Basic arithmetic operations; Vector Section - Create a vector, Calculations with vectors

5.2 Different ways to get the same result. Commands make it more efficient.

# Addition
6+2+4+9+8+3+1+6+5+7
## [1] 51
?sum
sum(v)            # adds all the elements/scalars in the vector v directly
## [1] 51
## Arithmetic Mean
(6+2+4+9+8+3+1+6+5+7)/10
## [1] 5.1
sum(v)/10
## [1] 5.1
sum(v)/length(v)  # better code as this will be robust to changing size v
## [1] 5.1
?mean
mean(v)           # calculates arithmetic mean of all the elements in the vector v directly
## [1] 5.1

5.3 3.1 Start your vectorised operations to create columns like we saw in class in Excel.

v - mean(v)    # deviation from the mean.   C2-C11 in Excel.  
##  [1]  0.9 -3.1 -1.1  3.9  2.9 -2.1 -4.1  0.9 -0.1  1.9
### deviations from the mean add up to 0.  Confirm with the command - 
sum( v - mean(v) )
## [1] 3.552714e-15
( v - mean(v) )^2 # squared deviation from the mean.  D2-D11 in Excel.  
##  [1]  0.81  9.61  1.21 15.21  8.41  4.41 16.81  0.81  0.01  3.61
### squared deviations from the mean DO NOT add up to 0, which we utilize in calculation for variance.


sum( (v - mean(v) )^2 ) # total sum of squared deviation from the mean.  D12
## [1] 60.9
sum((v-mean(v))^2)/length(v) # average squared deviation from the mean.  E16  
## [1] 6.09
  • NOTE, variance is just the average squared deviation from the mean

5.4 Store the important results into objects so that you can call them back later.

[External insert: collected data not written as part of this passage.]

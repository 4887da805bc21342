// What was found of the traits of a program.
ghost use Rattle.std.specs.Prelude.{◌≡◌, ℕ, List, Some, is_some, true, IfOk, OnOk};
ghost use Rattle.enc_modes.specs.Modes as modes;
ghost use Rattle.enc_modes.specs.declared.ty.Alt.{Alt};
ghost use Rattle.enc_ast.specs.declared.decls.Decl.{Decl};
ghost use Rattle.enc_premises.specs.Premises.{if_known};
ghost use Rattle.enc_types.specs.Names.{Names};
ghost use Rattle.enc_types.specs.Words.{every};
ghost use Rattle.enc_types.specs.Written.{type_of};
ghost use Rattle.enc_decls.specs.Conflicts as conflicts;
ghost use Rattle.enc_decls.specs.Found as spec;

use crate::known::Fields;
use enc_ast::{Decl, Field};
use enc_modes::{Alt, Mode, Ty, is_sendable};
use enc_types::Names;
use indexmap::{IndexMap, IndexSet};
use std::alloc::{AllocError, Global};

// What was found of one trait.
#[derive(Drop)]
struct Found {
    fields: Fields,
    // Whether each of its fields may go to another actor.
    may_be_sent: bool,
}

impl Found {
    fn of(alloc: Global, decls: &[Decl], names: &Names, alt: Alt) -> Result<Found, AllocError>
        ensures fields { IfOk result (λ found. found.fields ≡ conflicts.entries_of decls.now names.now alt) }
        ensures may_be_sent { IfOk result (λ found. found.may_be_sent ≡ spec.all_sendable decls.now names.now alt) }
    {
        let fields = trait_fields(decls, alt.number);
        Ok(Found {
            fields: Fields::of(alloc, names, fields)?,
            may_be_sent: all_sendable(names, fields)?,
        })
    }
}

/// What was found of the traits so far, so that each is gone over once and each two are compared once.
#[derive(Drop)]
pub struct Traits {
    // By the numbers of their declarations.
    found: IndexMap<u32, Found>,
    // The numbers of each two that fit, the lesser one first.
    fitting: IndexSet<(u32, u32)>,
}

impl Traits {
    /// Nothing was found yet. It takes no memory.
    pub fn new(alloc: Global) -> Traits
        ensures { (decls : List Decl) (names : Names) → spec.Right decls names result }
    {
        Traits {
            found: IndexMap::new(alloc),
            fitting: IndexSet::new(alloc),
        }
    }

    /// Whether the trait isn't subordinate and each of its fields may go to another actor. Where
    /// memory runs out, it answers `AllocError`.
    pub fn may_leave(
        &mut self,
        alloc: Global,
        decls: &[Decl],
        names: &Names,
        alt: Alt,
    ) -> Result<bool, AllocError>
        requires { spec.Right decls.now names.now self.old }
        ensures value { IfOk result (λ it. it ≡ conflicts.may_leave decls.now names.now alt) }
        ensures right { OnOk result (spec.Right decls.now names.now self.new) }
    {
        if alt.mode == Mode::Subordinate {
            return Ok(false);
        }
        self.look(alloc, decls, names, alt)?;
        Ok(self.of(alt).may_be_sent)
    }

    /// Whether the traits are one, or each field of the one agrees with each of the other. Where
    /// memory runs out, it answers `AllocError`.
    pub fn are_one_or_fit(
        &mut self,
        alloc: Global,
        decls: &[Decl],
        names: &Names,
        left: Alt,
        right: Alt,
    ) -> Result<bool, AllocError>
        requires { spec.Right decls.now names.now self.old }
        ensures value { IfOk result (λ it. it ≡ conflicts.one_or_fit decls.now names.now left right) }
        ensures right { OnOk result (spec.Right decls.now names.now self.new) }
    {
        if left.number == right.number {
            return Ok(true);
        }
        if right.number < left.number {
            return self.fit(alloc, decls, names, right, left);
        }
        self.fit(alloc, decls, names, left, right)
    }

    // Whether each field of the one trait agrees with each of the other.
    fn fit(
        &mut self,
        alloc: Global,
        decls: &[Decl],
        names: &Names,
        left: Alt,
        right: Alt,
    ) -> Result<bool, AllocError>
        requires { spec.Right decls.now names.now self.old }
        ensures value { IfOk result (λ it. it ≡ conflicts.fit decls.now names.now left right) }
        ensures right { OnOk result (spec.Right decls.now names.now self.new) }
    {
        let numbers = (left.number, right.number);
        if self.fitting.contains(&numbers) {
            return Ok(true);
        }
        self.look(alloc, decls, names, left)?;
        self.look(alloc, decls, names, right)?;
        if !self.of(left).fields.fit(&self.of(right).fields) {
            return Ok(false);
        }
        self.fitting.insert(numbers)?;
        Ok(true)
    }

    // Goes over the fields of a trait, unless that was done.
    fn look(
        &mut self,
        alloc: Global,
        decls: &[Decl],
        names: &Names,
        alt: Alt,
    ) -> Result<(), AllocError>
        requires { spec.Right decls.now names.now self.old }
        ensures right { OnOk result (spec.Right decls.now names.now self.new) }
        ensures there { OnOk result (is_some (spec.found_of self.new alt.number) ≡ true) }
        ensures others { OnOk result ((k : ℕ) → is_some (spec.found_of self.old k) ≡ true → is_some (spec.found_of self.new k) ≡ true) }
    {
        if self.found.contains_key(&alt.number) {
            return Ok(());
        }
        let found = Found::of(alloc, decls, names, alt)?;
        self.found.insert(alt.number, found)?;
        Ok(())
    }

    // What was found of a trait that was gone over.
    fn of(&self, alt: Alt) -> &Found
        requires { is_some (spec.found_of self.now alt.number) ≡ true }
        ensures { spec.found_of self.now alt.number ≡ Some result.now }
    {
        self.found.get(&alt.number).unwrap()
    }
}

fn trait_fields(decls: &[Decl], number: u32) -> &[Field]
    ensures { result.now ≡ conflicts.trait_fields decls.now number }
{
    match decls.get(number as usize) {
        Some(Decl::Trait(decl)) => decl.fields.as_slice(),
        _ => &[],
    }
}

fn all_sendable(names: &Names, fields: &[Field]) -> Result<bool, AllocError>
    ensures { IfOk result (λ it. it ≡ every (λ f. if_known modes.is_sendable (type_of names.now f.ty)) fields.now) }
{
    for field in fields {
        if !may_be_sent(&names.ty(&field.ty)?) {
            return Ok(false);
        }
    }
    Ok(true)
}

fn may_be_sent(ty: &Option<Ty>) -> bool
    ensures { result ≡ if_known modes.is_sendable ty.now }
{
    match ty {
        None => true,
        Some(ty) => is_sendable(ty),
    }
}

variance_hand_sample       <- sum( (v-mean(v))^2 ) / (length(v)-1)   # E14
variance_hand_population   <- sum( (v-mean(v))^2 ) /  length(v)      # E16

## 
  • Sample variance is greater than population variance due to a smaller denominator (N-1 instead of N).
                                                        var_Rformula # E15
## [1] 6.766667

5.5 3.3. Use paste command to organize your calculations.

?paste0
print(paste0("Sample variance by hand is ", variance_hand_sample, 
             " while Population variance by hand is ", variance_hand_population,
             ". Furthermore, Sample variance by R is ", var_Rformula, " and is calculated by R directly."
             )
      )
## [1] "Sample variance by hand is 6.76666666666667 while Population variance by hand is 6.09. Furthermore, Sample variance by R is 6.76666666666667 and is calculated by R directly."

5.5.1 SUMMARY

  • R, like many statistical software, calculates sample variance instead of population variance as the default measure. Since we have a sample most of the time instead of the data on the entire population, this is fine. Furthermore, Sample variance and Population variance are very close when the sample is large enough ($n > 30$).

  • As long as you can replicate the output of the default R command, you really understand what is happening “behind the scenes”.

6 Calculate sd by hand / manually in R

# From section 2.1

sd_Rformula <- sd(v)
print(sd_Rformula)
## [1] 2.601282
# Repeat Section 3.1 steps, only need to add one (sqrt) command -

sd_hand_sample <- sqrt(variance_hand_sample) # we know sd is just the square root of variance.  All prior steps to calculate the variance remain the same.

print(paste0("Sample sd by hand is ", sd_hand_sample, 
              " while Sample variance by R is ", sd_Rformula, " (which) is calculated by R directly."
)
)
## [1] "Sample sd by hand is 2.60128173535022 while Sample variance by R is 2.60128173535022 (which) is calculated by R directly."